To make this work with ecto we have to do something like


config :sqlite_init, SqliteInit.Repo,
  database: Path.expand("../sqlite_init_dev.db", Path.dirname(__ENV__.file)),
  pool_size: 5,
  after_connect: fn _conn ->
    [db_conn] = Process.get(:"$callers")
    db_connection_state = :sys.get_state(db_conn)
    conn = db_connection_state.mod_state.state
    IO.inspect(conn, label: "conn")
    :ok = Exqlite.Basic.enable_load_extension(conn)
    Exqlite.Basic.load_extension(conn, ExLitedb.path_for("re"))
  end,
  stacktrace: true,
  show_sensitive_data_on_connection_error: true

@asg017 Are we feeling that loading the extension into ecto (the defacto Elixir orm) is outside the scope of what the lib should do?

Just wanted to point this PR out ... I actually committed this back to exqlite specifically to enable usage of this lib in a more convenient way. The after_connect stuff is not needed, just a load_extensions key at the repo or global config. If the package directly exposes a path to the embedded libs, this becomes as simple as adding the hex package, and adding the load_extensions block with the helper as the path. See this comment for an example. I was originally thinking about shipping a hex package for exactly the same purpose.

Haven't been through the full comment thread here yet, apologies if I missed something.

trodrigu commented 1 year ago

@bkono Thanks for pointing this out! load_extensions is the way to go and I'll be refactoring my production app to use that API. @asg017 I wasn't sure if we wanted to keep this as bare bones as possible and not include a reference to Ecto in the README?

asg017 commented 1 year ago

@trodrigu we can include an Ecto reference/code snippet in the README!

asg017 commented 1 year ago

kk @trodrigu #33 is merged and sqlite_vss is now published, can you let me know if it works as expected?

A few more lingering questions I have:

  1. Does it make sense to move def install() from lib/sqlite_vss.ex to mix/tasks/sqlite_vss.install.ex?
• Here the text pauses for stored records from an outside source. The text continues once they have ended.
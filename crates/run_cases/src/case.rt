//! What a case is: calls over files, and how each is expected to end.

use case_text::expected::Expected;
use smv_outside::Entry;
use std::alloc::Global;

/// How many bytes a sink takes where a case does not say it.
const ROOM: usize = 10_000;

/// A call: its words, and the line that they were read from.
#[derive(Drop)]
pub struct Call {
    pub line: String,
    pub words: Vec<String>,
}

/// A file that is expected to stand after a call.
#[derive(Drop)]
pub struct LeftFile {
    pub name: String,
    pub text: Expected,
}

/// A store of so many levels that was full at this number of nodes.
#[derive(Clone, Copy, Debug, PartialEq, Eq)]
pub struct Full {
    pub levels: u32,
    pub nodes: u32,
}

/// Calls that are expected to end alike, each over the files as they stand before the first.
#[derive(Drop)]
pub struct Ending {
    /// Files that come to stand before the calls, each in the place of one of its name.
    pub given: Vec<Entry>,
    pub room: usize,
    pub file_fails: Vec<u64>,
    pub sink_fails: Vec<u64>,
    pub calls: Vec<Call>,
    pub put: Expected,
    /// The files that the calls are expected to make or to change.
    pub left: Vec<LeftFile>,
    /// The full stores that show that something is unknown.
    pub full: Vec<Full>,
    pub status: u8,
}

impl Ending {
    pub fn new(alloc: Global) -> Ending {
        Ending {
            given: Vec::new(alloc),
            room: ROOM,
            file_fails: Vec::new(alloc),
            sink_fails: Vec::new(alloc),
            calls: Vec::new(alloc),
            put: Expected::new(alloc),
            left: Vec::new(alloc),
            full: Vec::new(alloc),
            status: 0,
        }
    }
}
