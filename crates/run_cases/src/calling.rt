//! One call of `run`, over files and a sink in memory.

use crate::case::{Ending, Full};
use bdd_nodes::Held;
use case_text::fault::Fault;
use kripke_model::Name;
use smv_outside::{Entry, MemFiles, MemSink, have_distinct_names};
use smv_session::{Status, run};
use std::alloc::{AllocError, Global};

/// How a call ended.
#[derive(Drop)]
pub struct Found {
    pub status: u8,
    pub put: Vec<u8>,
    pub full: Vec<Full>,
    /// The files that then stand.
    pub files: Vec<Entry>,
}

fn copy(alloc: Global, entry: &Entry) -> Result<Entry, AllocError> {
    Ok(Entry {
        name: Name::new(String::from_str(alloc, entry.name.as_str())?),
        bytes: entry.bytes.clone()?,
    })
}

pub fn copies(alloc: Global, entries: &[Entry]) -> Result<Vec<Entry>, AllocError> {
    let mut copies = Vec::new(alloc);
    for entry in entries {
        copies.push(copy(alloc, entry)?)?;
    }
    Ok(copies)
}

/// The files with those that are given, each in the place of one of its name.
pub fn with_given(
    alloc: Global,
    files: &[Entry],
    given: &[Entry],
) -> Result<Vec<Entry>, AllocError> {
    let mut all = copies(alloc, given)?;
    for entry in files {
        if bytes_under(given, entry.name.as_str()).is_none() {
            all.push(copy(alloc, entry)?)?;
        }
    }
    Ok(all)
}

/// The bytes of the first file with a name.
pub fn bytes_under<'a>(files: &'a [Entry], name: &str) -> Option<&'a [u8]> {
    for entry in files {
        if entry.name.as_str() == name {
            return Some(&entry.bytes);
        }
    }
    None
}

/// The full stores that show that something is unknown. There are none where all is decided.
fn held_of(status: &Status) -> &[Held] {
    match status {
        Status::Undecided { held } => held,
        _ => &[],
    }
}

fn full_stores(alloc: Global, status: &Status) -> Result<Vec<Full>, AllocError> {
    let mut full = Vec::new(alloc);
    for held in held_of(status) {
        full.push(Full {
            levels: held.levels(),
            nodes: held.number(),
        })?;
    }
    Ok(full)
}

/// A call of these words over these files.
pub fn call(
    alloc: Global,
    words: &[String],
    files: &[Entry],
    ending: &Ending,
) -> Result<Found, Fault> {
    let entries = copies(alloc, files)?;
    if !have_distinct_names(&entries) {
        return Err(Fault::OutOfPlace);
    }
    let mut files = MemFiles::new(alloc, entries, ending.file_fails.clone()?);
    let mut out = MemSink::new(alloc, ending.room, ending.sink_fails.clone()?)?;
    let status = run(alloc, words, &mut files, &mut out);
    Ok(Found {
        status: status.code(),
        put: out.written().to_vec(alloc)?,
        full: full_stores(alloc, &status)?,
        files: copies(alloc, files.contents())?,
    })
}
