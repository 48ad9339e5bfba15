//! What differs between how a call ended and how it was expected to end.

use crate::calling::{Found, bytes_under};
use crate::case::{Ending, Full, LeftFile};
use case_text::expected::Expected;
use case_text::notation::show;
use smv_outside::Entry;
use std::alloc::AllocError;

fn tell_put(put: &[u8], expected: &Expected, report: &mut String) -> Result<(), AllocError> {
    if expected.is_met_by(put) {
        return Ok(());
    }
    report.push_str("  puts\n")?;
    show(put, report)?;
    report.push_str("  and not\n")?;
    expected.tell(report)
}

fn tell_stores(stores: &[Full], report: &mut String) -> Result<(), AllocError> {
    for full in stores {
        let Full { levels, nodes } = *full;
        write!(report, "    full {levels} levels {nodes} nodes\n")?;
    }
    Ok(())
}

fn tell_evidence(found: &[Full], expected: &[Full], report: &mut String) -> Result<(), AllocError> {
    if found == expected {
        return Ok(());
    }
    report.push_str("  has as evidence\n")?;
    tell_stores(found, report)?;
    report.push_str("  and not\n")?;
    tell_stores(expected, report)
}

fn tell_status(found: u8, expected: u8, report: &mut String) -> Result<(), AllocError> {
    if found == expected {
        return Ok(());
    }
    write!(report, "  ends with status {found} and not {expected}\n")
}

/// Whether a file is as the call was expected to leave it: as it is said, and else as it was.
fn is_left(file: &Entry, before: &[Entry], left: &[LeftFile]) -> bool {
    let name = file.name.as_str();
    for expected in left {
        if expected.name.as_str() == name {
            return expected.text.is_met_by(&file.bytes);
        }
    }
    bytes_under(before, name) == Some(file.bytes.as_slice())
}

fn tell_files(
    files: &[Entry],
    before: &[Entry],
    left: &[LeftFile],
    report: &mut String,
) -> Result<(), AllocError> {
    for file in files {
        if !is_left(file, before, left) {
            let name = file.name.as_str();
            write!(report, "  leaves in {name}\n")?;
            show(&file.bytes, report)?;
        }
    }
    Ok(())
}

fn tell_missing(name: &str, files: &[Entry], report: &mut String) -> Result<(), AllocError> {
    if bytes_under(files, name).is_some() {
        return Ok(());
    }
    write!(report, "  leaves no file {name}\n")
}

fn tell_missing_files(
    files: &[Entry],
    before: &[Entry],
    left: &[LeftFile],
    report: &mut String,
) -> Result<(), AllocError> {
    for file in before {
        tell_missing(file.name.as_str(), files, report)?;
    }
    for file in left {
        tell_missing(file.name.as_str(), files, report)?;
    }
    Ok(())
}

/// Adds what differs, if anything does.
pub fn tell_differences(
    found: &Found,
    before: &[Entry],
    ending: &Ending,
    report: &mut String,
) -> Result<(), AllocError> {
    tell_put(&found.put, &ending.put, report)?;
    tell_files(&found.files, before, &ending.left, report)?;
    tell_missing_files(&found.files, before, &ending.left, report)?;
    tell_evidence(&found.full, &ending.full, report)?;
    tell_status(found.status, ending.status, report)
}
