// The text of a label, a name or a variable: 1 to 16 bytes from 33 to 126.
ghost use Rattle.std.specs.Prelude.{◌≡◌, ◌≤◌, true, length, MatchOption, Some};
ghost use Rattle.std.specs.Char.{is_ascii_graphic};
ghost use Rattle.std.specs.List.{AllByRecursion, list_all};
ghost use Rattle.protocol.specs.Lawful.{Text as IsText};

use arrayvec::ArrayString;
use std::{fmt, str};

#[derive(Clone, Copy)]
pub struct Text {
    text: ArrayString<16>,
    ghost short: { length text.bytes ≤ 16 },
    ghost plain: { list_all is_ascii_graphic text.bytes ≡ true },
}

impl Text {
    ghost use Rattle.entries.specs.Texts.{bytes_of};

    // The text of these bytes, or none where they are no text.
    pub fn new(bytes: &[u8]) -> Option<Text>
        ensures { MatchOption result (¬ IsText bytes.now) (λ t. IsText bytes.now × (bytes_of t ≡ bytes.now)) }
    {
        // the length first: however long the bytes are, no more than a text of them is looked at
        if bytes.is_empty() || bytes.len() > 16 || !printable(bytes) {
            return None;
        }
        // printable bytes are UTF-8, which is proved, so they are not looked at a second time
        let text = unsafe { str::from_utf8_unchecked(bytes) };
        let text = ArrayString::from(text).ok()?;
        Some(Text { text })
    }

    #[tactic(auto, using(crate::proofs::Texts::printable_bytes))]
    pub fn as_bytes(&self) -> &[u8]
        ensures value { result.now ≡ bytes_of self.now }
        ensures printable { AllByRecursion (λ b. (33 ≤ b) × (b ≤ 126)) result.now }
    {
        self.text.as_bytes()
    }

    pub fn as_str(&self) -> &str
        ensures { result.now ≡ bytes_of self.now }
    {
        self.text.as_str()
    }
}

impl fmt::Display for Text {
    ghost use Rattle.entries.specs.Texts.{bytes_of};

    ghost output = { λ t. Some (bytes_of t) };

    fn fmt<W: fmt::Write>(&self, f: &mut fmt::Formatter<W>) -> fmt::Result {
        f.pad(self.as_str())
    }
}

fn printable(bytes: &[u8]) -> bool
    ensures { result ≡ list_all is_ascii_graphic bytes.now }
{
    bytes.iter().all(|b| b.is_ascii_graphic())
}
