// A sheet file as entries: what its records say, the rules they keep, and the refusals.
#![tactic(auto)]

mod decode;
mod entry;
mod fault;
mod lookup;
mod refusal;
mod text;

pub use entry::{Entry, Fields, PropertyFields, Unknown};
pub use fault::{Rule, SheetFault};
pub use lookup::text_at;
pub use text::Text;
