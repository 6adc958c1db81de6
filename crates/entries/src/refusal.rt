// The number and the record of a refusal.
ghost use Rattle.std.specs.Prelude.{◌≡◌};
ghost use Rattle.entries.specs.Faults.{number as number_of, fault_number, fault_record};

use crate::fault::{Rule, SheetFault};

impl Rule {
    // The number of the refusal where the rule is broken. Each enum of faults has its own such call: a cast is of one enum.
    pub fn number(self) -> u16
        ensures { result ≡ number_of self }
    {
        self as u16
    }
}

impl SheetFault {
    // The number of the refusal; want of memory has none. A public call, as the one for the record is; who wants both
    // matches on the fault.
    pub fn number(self) -> Option<u16>
        ensures { result ≡ fault_number self }
    {
        match self {
            SheetFault::Refused { rule, .. } => Some(rule.number()),
            SheetFault::NoMemory => None,
        }
    }

    // The number of the refused record; want of memory has none.
    pub fn record(self) -> Option<usize>
        ensures { result ≡ fault_record self }
    {
        match self {
            SheetFault::Refused { record, .. } => Some(record),
            SheetFault::NoMemory => None,
        }
    }
}
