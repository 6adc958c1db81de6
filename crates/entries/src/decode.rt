// From records to entries, and from an entry's numbers to nodes, steps and properties. Each kind's number stands here
// once, beside what it stands for.
ghost use Rattle.std.specs.Prelude.{◌≡◌, ℕ, ◌*◌, ◌++◌, length, MatchResult};
ghost use Rattle.records.specs.Reading.{rec_of};
ghost use Rattle.records.specs.Bytes.{word};
ghost use Rattle.entries.specs.Decoding.{Decoded, NodeDecoded, StepDecoded, ActionDecoded, PropertyDecoded};

use crate::entry::{Entry, Fields, PropertyFields, Unknown};
use protocol::{Action, Direction, Property, Step};
use records::{Record, words};
use terms::{EnvName, Label, LocalName, Node, NodeNo, Variable};

// what stands in place of an earlier action where there is none
const NO_ACTION: Fields = Fields {
    kind: 0,
    a: 0,
    b: 0,
};

// A body of three numbers.
fn fields(body: &[u8]) -> Result<Fields, Unknown>
    ensures { MatchResult result (λ f. word f.kind ++ (word f.a ++ word f.b) ≡ body.now) (λ _. ¬ (length body.now ≡ 6)) }
{
    let [kind, a, b] = words::<3>(body).ok_or(Unknown)?;
    Ok(Fields { kind, a, b })
}

// A body of six numbers.
#[tactic(auto, using(crate::proofs::Bodies::six_body))]
fn property_fields(body: &[u8]) -> Result<PropertyFields, Unknown>
    ensures { MatchResult result (λ p. word p.earlier.kind ++ (word p.earlier.a ++ (word p.earlier.b ++ (word p.later.kind ++ (word p.later.a ++ word p.later.b)))) ≡ body.now) (λ _. ¬ (length body.now ≡ 12)) }
{
    let [kind, a, b, later, c, d] = words::<6>(body).ok_or(Unknown)?;
    Ok(PropertyFields {
        earlier: Fields { kind, a, b },
        later: Fields {
            kind: later,
            a: c,
            b: d,
        },
    })
}

impl<'a> TryFrom<Record<'a>> for Entry<'a> {
    type Error = Unknown;

    ghost try_from_gives = { λ x r. Decoded (rec_of x) r };

    fn try_from(found: Record<'a>) -> Result<Entry<'a>, Unknown> {
        match found.kind {
            1 => Ok(Entry::Label(found.body)),
            2 => Ok(Entry::Name(found.body)),
            3 => Ok(Entry::Variable(found.body)),
            4 => Ok(Entry::Node(fields(found.body)?)),
            5 if found.body.is_empty() => Ok(Entry::Strand),
            6 => Ok(Entry::Step(fields(found.body)?)),
            7 => Ok(Entry::Property(property_fields(found.body)?)),
            _ => Err(Unknown),
        }
    }
}

impl TryFrom<Fields> for Node {
    type Error = Unknown;

    ghost try_from_gives = { NodeDecoded };

    fn try_from(f: Fields) -> Result<Node, Unknown> {
        match f.kind {
            1 if f.b == 0 => Ok(Node::Name(LocalName(f.a))),
            2 if f.b == 0 => Ok(Node::Var(Variable(f.a))),
            3 => Ok(Node::Pair {
                left: NodeNo(f.a),
                right: NodeNo(f.b),
            }),
            4 => Ok(Node::Seal {
                body: NodeNo(f.a),
                key: NodeNo(f.b),
            }),
            5 if f.b == 0 => Ok(Node::Env(EnvName(f.a))),
            _ => Err(Unknown),
        }
    }
}

impl TryFrom<Fields> for Step {
    type Error = Unknown;

    ghost try_from_gives = { StepDecoded };

    fn try_from(f: Fields) -> Result<Step, Unknown> {
        match f.kind {
            1 => Ok(Step::Input {
                label: Label(f.a),
                variable: Variable(f.b),
            }),
            2 => Ok(Step::Output {
                label: Label(f.a),
                node: NodeNo(f.b),
            }),
            3 => Ok(Step::Open {
                subject: NodeNo(f.a),
                pattern: NodeNo(f.b),
            }),
            4 => Ok(Step::Split {
                subject: NodeNo(f.a),
                pattern: NodeNo(f.b),
            }),
            5 => Ok(Step::Same {
                left: NodeNo(f.a),
                right: NodeNo(f.b),
            }),
            _ => Err(Unknown),
        }
    }
}

impl TryFrom<Fields> for Action {
    type Error = Unknown;

    ghost try_from_gives = { ActionDecoded };

    fn try_from(f: Fields) -> Result<Action, Unknown> {
        let direction = match f.kind {
            1 => Direction::Input,
            2 => Direction::Output,
            _ => return Err(Unknown),
        };
        Ok(Action {
            direction,
            label: Label(f.a),
            node: NodeNo(f.b),
        })
    }
}

impl TryFrom<PropertyFields> for Property {
    type Error = Unknown;

    ghost try_from_gives = { PropertyDecoded };

    fn try_from(p: PropertyFields) -> Result<Property, Unknown> {
        let later = Action::try_from(p.later)?;
        let earlier = if p.earlier == NO_ACTION {
            None
        } else {
            Some(Action::try_from(p.earlier)?)
        };
        Ok(Property { earlier, later })
    }
}
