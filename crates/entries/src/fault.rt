// Why a sheet file is refused.
ghost use Rattle.std.specs.Prelude.{◌≡◌};
ghost use Rattle.entries.specs.Faults.{of_file};
ghost use Rattle.entries.specs.declared.fault.SheetFault.TheVariants.{NoMemory};

use records::FileFault;
use std::alloc::AllocFailed;

// what a file has to keep, with the number of the refusal where it does not
#[derive(Clone, Copy, Debug, PartialEq, Eq)]
pub enum Rule {
    // a whole record stands in the bytes that are left
    Whole = 1,
    // its kind is known and in order, and its length fits the kind
    Kind = 2,
    // its table has room
    Limit = 3,
    Text = 4,
    Node = 5,
    Step = 6,
    // a variable is bound once, and before it is used
    Variable = 7,
    Property = 8,
    // a property has come when the file ends
    Ended = 9,
}

#[derive(Clone, Copy, Debug, PartialEq, Eq)]
pub enum SheetFault {
    // the rule that is broken, and the number of the record
    Refused { rule: Rule, record: usize },
    NoMemory,
}

// Each fault has a case of its own for want of memory.
impl<T: Drop> From<AllocFailed<T>> for SheetFault {
    ghost from_gives = { λ _ r. r ≡ NoMemory };

    fn from(_: AllocFailed<T>) -> SheetFault {
        SheetFault::NoMemory
    }
}

impl From<FileFault> for SheetFault {
    ghost from_gives = { λ f r. r ≡ of_file f };

    fn from(fault: FileFault) -> SheetFault {
        match fault {
            FileFault::Cut(record) => SheetFault::Refused {
                rule: Rule::Whole,
                record,
            },
        }
    }
}
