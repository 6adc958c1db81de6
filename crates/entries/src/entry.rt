// Entries of a sheet file: what a record says, before anything is known of the sheet.

// the three numbers of a node, a step or an action; whether the kind is one is asked later, after other rules
#[derive(Clone, Copy, Debug, PartialEq, Eq)]
pub struct Fields {
    pub kind: u16,
    pub a: u16,
    pub b: u16,
}

// the numbers of a property
#[derive(Clone, Copy, Debug, PartialEq, Eq)]
pub struct PropertyFields {
    pub earlier: Fields,
    pub later: Fields,
}

#[derive(Clone, Copy)]
pub enum Entry<'a> {
    Label(&'a [u8]),
    Name(&'a [u8]),
    Variable(&'a [u8]),
    Node(Fields),
    Strand,
    Step(Fields),
    Property(PropertyFields),
}

// There is no entry, node, step, action or property with these numbers.
#[derive(Clone, Copy, Debug, PartialEq, Eq)]
pub struct Unknown;
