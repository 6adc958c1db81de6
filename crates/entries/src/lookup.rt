// The texts of a table, by their numbers.
ghost use Rattle.std.specs.Prelude.{◌≡◌, map};
ghost use Rattle.entries.specs.Texts.{bytes_of, text};

use crate::text::Text;

// The text with this number, and nothing where there is none.
pub fn text_at(texts: &[Text], number: u16) -> &str
    ensures { result.now ≡ text (map bytes_of texts.now) number }
{
    texts.get(number as usize).map_or("", |t| t.as_str())
}
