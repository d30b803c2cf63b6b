//! Tests of the program's arguments, its secret, its runs, sessions and servers.
#![tactic(auto)]

#[cfg(test)]
mod play;
#[cfg(test)]
mod program;
#[cfg(test)]
mod refused;
#[cfg(test)]
mod secrets;
#[cfg(test)]
mod servers;
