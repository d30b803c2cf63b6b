//! Servers in this process, and peers that connect to them over loopback.
//!
//! A play has a heading, `== TITLE / WORKERS / SESSIONS / UNITS / CALLS`, and steps `@PEER ACT` with lines `REQUEST => REPLY`. A line may
//! lack its request or its reply, and the request `commit` is a commit of the unit A. Peer N has session N, and peer 0 reads what the server
//! prints on its errors. The acts of a peer:
//!
//! - `ask` sends a line and reads one, `flood` does so 100,001 times, and `await` until the reply is no longer pending;
//! - `rounds` commits 50 times, and awaits the reply each time;
//! - `talk` sends its lines, ends its sending, and reads to the end, and `overlong` does so with a line that is too long;
//! - `half` sends a line without its end and disconnects;
//! - `reset` sends a line, reads one byte, and disconnects; as the rest is unread, the system resets the connection.
ghost use Rattle.std.specs.Thread.{IsSync};

use fb_program::bench::Limits;
use fb_program::wire::MemorySink;
use fb_serve::{ServerConfig, serve_on};
use std::alloc::Global;
use std::io;
use std::io::{BufRead, BufReader, ErrorKind, Read, Write};
use std::net::{Net, Shutdown, TcpListener, TcpStream};
use std::process::Abort;
use std::sync::Wait;
use std::test::Fail;
use std::thread::{Threads, join};
use std::time::{Clock, Duration};

/// A number that nothing reaches.
pub(crate) const ALWAYS: u64 = u64::MAX;

const COMMIT: &str =
    r#"{"op":"commit","changes":[{"put":"A","base":0,"text":"FUNCTION_BLOCK A END_FUNCTION_BLOCK"}]} =>"#;

const PENDING: &str = "{\"answer\":\"pending\"}\n";

/// How often a peer asks for a reply that is pending.
const LOOKS: u32 = 200_000;

fn add_line(text: &mut String, line: &str) -> io::Result<()> {
    if !line.is_empty() {
        writeln!(text, "{line}")?;
    }
    Ok(())
}

/// The requests of these lines, and the replies to them.
pub(crate) fn exchanges_in(alloc: Global, lines: &str) -> io::Result<(String, String)> {
    let (mut requests, mut replies) = (String::new(alloc), String::new(alloc));
    for line in lines.replace(alloc, "commit =>", COMMIT)?.lines() {
        let (request, reply) = line.split_once("=>").ok_or(ErrorKind::InvalidInput)?;
        add_line(&mut requests, request.trim_end())?;
        add_line(&mut replies, reply.trim_start())?;
    }
    Ok((requests, replies))
}

// Sends a text, and reads a line of at most this number of bytes.
fn exchange(alloc: Global, stream: &TcpStream, text: &str, limit: u64) -> io::Result<String> {
    let mut stream = stream;
    stream.write_all(text.as_bytes())?;
    let mut reply = String::new(alloc);
    BufReader::with_capacity(alloc, 64, stream.take(limit))?.read_line(&mut reply)?;
    Ok(reply)
}

// Sends a line up to this number of times, as long as this is the reply. It gives the last reply.
fn repeat(
    alloc: Global,
    stream: &TcpStream,
    times: u32,
    line: &str,
    same: &str,
) -> io::Result<String> {
    let mut reply = String::new(alloc);
    for _ in 0..times {
        reply = exchange(alloc, stream, line, 1000)?;
        if reply.as_str() != same {
            break;
        }
    }
    Ok(reply)
}

// Commits 50 times, and awaits the reply to a question each time, up to the first that is not wanted. It gives the last reply.
fn rounds(alloc: Global, stream: &TcpStream, question: &str, wanted: &str) -> io::Result<String> {
    let mut reply = String::new(alloc);
    for base in 1..51u64 {
        let commit = format!(in alloc;
            "{{\"op\":\"commit\",\"changes\":[{{\"put\":\"A\",\"base\":{base},\"text\":\"FUNCTION_BLOCK A END_FUNCTION_BLOCK\"}}]}}\n"
        )?;
        exchange(alloc, stream, &commit, 1000)?;
        reply = repeat(alloc, stream, LOOKS, question, PENDING)?;
        if reply.as_str() != wanted {
            break;
        }
    }
    Ok(reply)
}

// Sends a text, ends its sending, and reads to the end.
fn talk(alloc: Global, stream: &TcpStream, text: &[u8]) -> io::Result<String> {
    let mut stream = stream;
    stream.write_all(text)?;
    stream.shutdown(Shutdown::Write)?;
    io::read_to_string(alloc, stream)
}

// What a peer gets by this act.
fn reply_to(
    alloc: Global,
    stream: &TcpStream,
    act: &str,
    requests: &str,
    wanted: &str,
) -> io::Result<String> {
    match act {
        "ask" => exchange(alloc, stream, requests, 1000),
        "flood" => repeat(alloc, stream, 100_001, requests, wanted),
        "await" => repeat(alloc, stream, LOOKS, requests, PENDING),
        "rounds" => rounds(alloc, stream, requests, wanted),
        "talk" => talk(alloc, stream, requests.as_bytes()),
        "overlong" => talk(alloc, stream, &vec![in alloc; b' '; 1_048_577]?),
        "half" => exchange(alloc, stream, requests.trim_end(), 0),
        "reset" => Ok(format!(in alloc; "{}\n", exchange(alloc, stream, requests, 1)?)?),
        _ => Err(io::Error::from(ErrorKind::InvalidInput)),
    }
}

// Makes a step. It gives what the peer gets, and the replies that are wanted.
fn make_step(
    alloc: Global,
    streams: &mut Vec<Option<TcpStream>>,
    step: &str,
) -> io::Result<(String, String)> {
    let step = step.trim_end();
    let (peer, step) = step.split_once(' ').ok_or(ErrorKind::InvalidInput)?;
    let (act, lines) = step.split_once(' ').unwrap_or((step, ""));
    let (requests, wanted) = exchanges_in(alloc, lines)?;
    let peer = peer.parse::<usize>().ok().ok_or(ErrorKind::InvalidInput)?;
    let Some(Some(stream)) = streams.get(peer) else {
        return Err(io::Error::from(ErrorKind::NotFound));
    };
    let reply = reply_to(alloc, stream, act, &requests, &wanted)?;
    if (act == "half" || act == "reset") && peer < streams.len() {
        streams[peer] = None;
    }
    Ok((reply, wanted))
}

// Makes the steps, and then peer 0 reads one of the ends. The test fails at the first step at which a peer gets another text.
fn make_steps(
    rt: &impl Abort,
    alloc: Global,
    mut streams: Vec<Option<TcpStream>>,
    (heading, steps): (&str, &str),
    ends: &[&str],
) {
    for step in steps.split("\n@") {
        let (reply, wanted) = make_step(alloc, &mut streams, step).expect(rt, step);
        assert_eq!(rt; reply.as_str(), wanted.as_str(), "{heading}: {step}");
    }
    let (end, _) = make_step(alloc, &mut streams, "0 talk").expect(rt, "an end");
    let is_wanted = ends.iter().any(|it| *it == end.as_str());
    assert!(rt; is_wanted, "{heading}: {end}");
}

// Serves, and then prints on the errors what it printed after its greeting, and its status.
fn serve_and_report<R: Threads + Wait + Clock + Sync>(
    rt: &R,
    alloc: Global,
    listener: &TcpListener,
    config: ServerConfig,
    good_writes: u64,
    errors: TcpStream,
) -> io::Result<()> {
    let mut out = MemorySink::new(alloc, 8192, good_writes);
    let mut errors = &errors;
    let ended = serve_on(rt, alloc, listener, config, &mut out, &mut errors);
    let greeting = format!(in alloc; "listening on {}\n", listener.local_addr()?)?;
    let printed = out.as_slice().strip_prefix(greeting.as_bytes());
    errors.write_all(printed.unwrap_or("no greeting\n".as_bytes()))?;
    writeln!(errors, "status {}", ended.status)
}

/// The server of a heading.
pub(crate) fn config_of(heading: &str) -> Result<ServerConfig, Fail> {
    let (_, numbers) = heading.split_once(" / ").ok_or("numbers")?;
    let mut numbers = numbers.split(" / ");
    Ok(ServerConfig {
        workers: numbers.next().ok_or("workers")?.parse()?,
        sessions: numbers.next().ok_or("sessions")?.parse()?,
        limits: Limits::new(
            numbers.next().ok_or("units")?.parse()?,
            numbers.next().ok_or("calls")?.parse()?,
        )
        .ok_or("limits")?,
    })
}

// All peers connect before the server lets the first of them in.
fn run_play<
    R: Net<Listener = TcpListener, Stream = TcpStream> + Threads + Wait + Clock + Sync + Abort,
>(rt: &R, alloc: Global, play: &str, good_writes: u64, ends: &[&str]) -> Result<(), Fail> {
    let (heading, steps) = play.split_once("\n@").ok_or("a step")?;
    let config = config_of(heading)?;
    let listener = TcpListener::bind(rt, "127.0.0.1:0")?;
    let mut streams = Vec::new(alloc);
    for _ in 0..=config.sessions {
        let stream = TcpStream::connect(rt, listener.local_addr()?)?;
        stream.set_read_timeout(Some(Duration::from_secs(20)))?;
        streams.push(Some(stream))?;
    }
    let (errors, _) = listener.accept()?;
    let (served, ()) = join(
        rt,
        || -> io::Result<()>
            requires { IsSync R.row }
        { serve_and_report(rt, alloc, &listener, config, good_writes, errors) },
        || make_steps(rt, alloc, streams, (heading, steps), ends),
    );
    Ok(served?)
}

/// Runs each of these plays at a server of which this number of writes are good, and which prints one of the ends.
pub(crate) fn compare<
    R: Net<Listener = TcpListener, Stream = TcpStream> + Threads + Wait + Clock + Sync + Abort,
>(rt: &R, alloc: Global, plays: &str, good_writes: u64, ends: &[&str]) -> Result<(), Fail> {
    let plays = plays.strip_prefix("\n== ").ok_or("a heading")?;
    for play in plays.split("\n== ") {
        run_play(rt, alloc, play, good_writes, ends)?;
    }
    Ok(())
}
I'd ideally like to keep sqlite_vss.ex as small as possible and only contain def loadable_path_vector0() and def loadable_path_vss0(), but I'm not sure if the rest has to be in sqlite_vss.ex
  2. Do you think it's worth doing the sqlite-vss-checksum.exs checksum checks at install-time?
trodrigu commented 1 year ago

Does it make sense to move def install() from lib/sqlite_vss.ex to mix/tasks/sqlite_vss.install.ex? I'd ideally like to keep sqlite_vss.ex as small as possible and only contain def loadable_path_vector0() and def loadable_path_vss0(), but I'm not sure if the rest has to be in sqlite_vss.ex

Yes, this would be a worthy refactor. It makes sense to move the install related functions into the mix task file.

trodrigu commented 1 year ago

Do you think it's worth doing the sqlite-vss-checksum.exs checksum checks at install-time?

After reading through elixir_make I think it should be easy to do this actually. Another worthy refactor.

trodrigu commented 1 year ago

The published sqlite_vss package gets installed successfully in my production app on fly.io. Great work!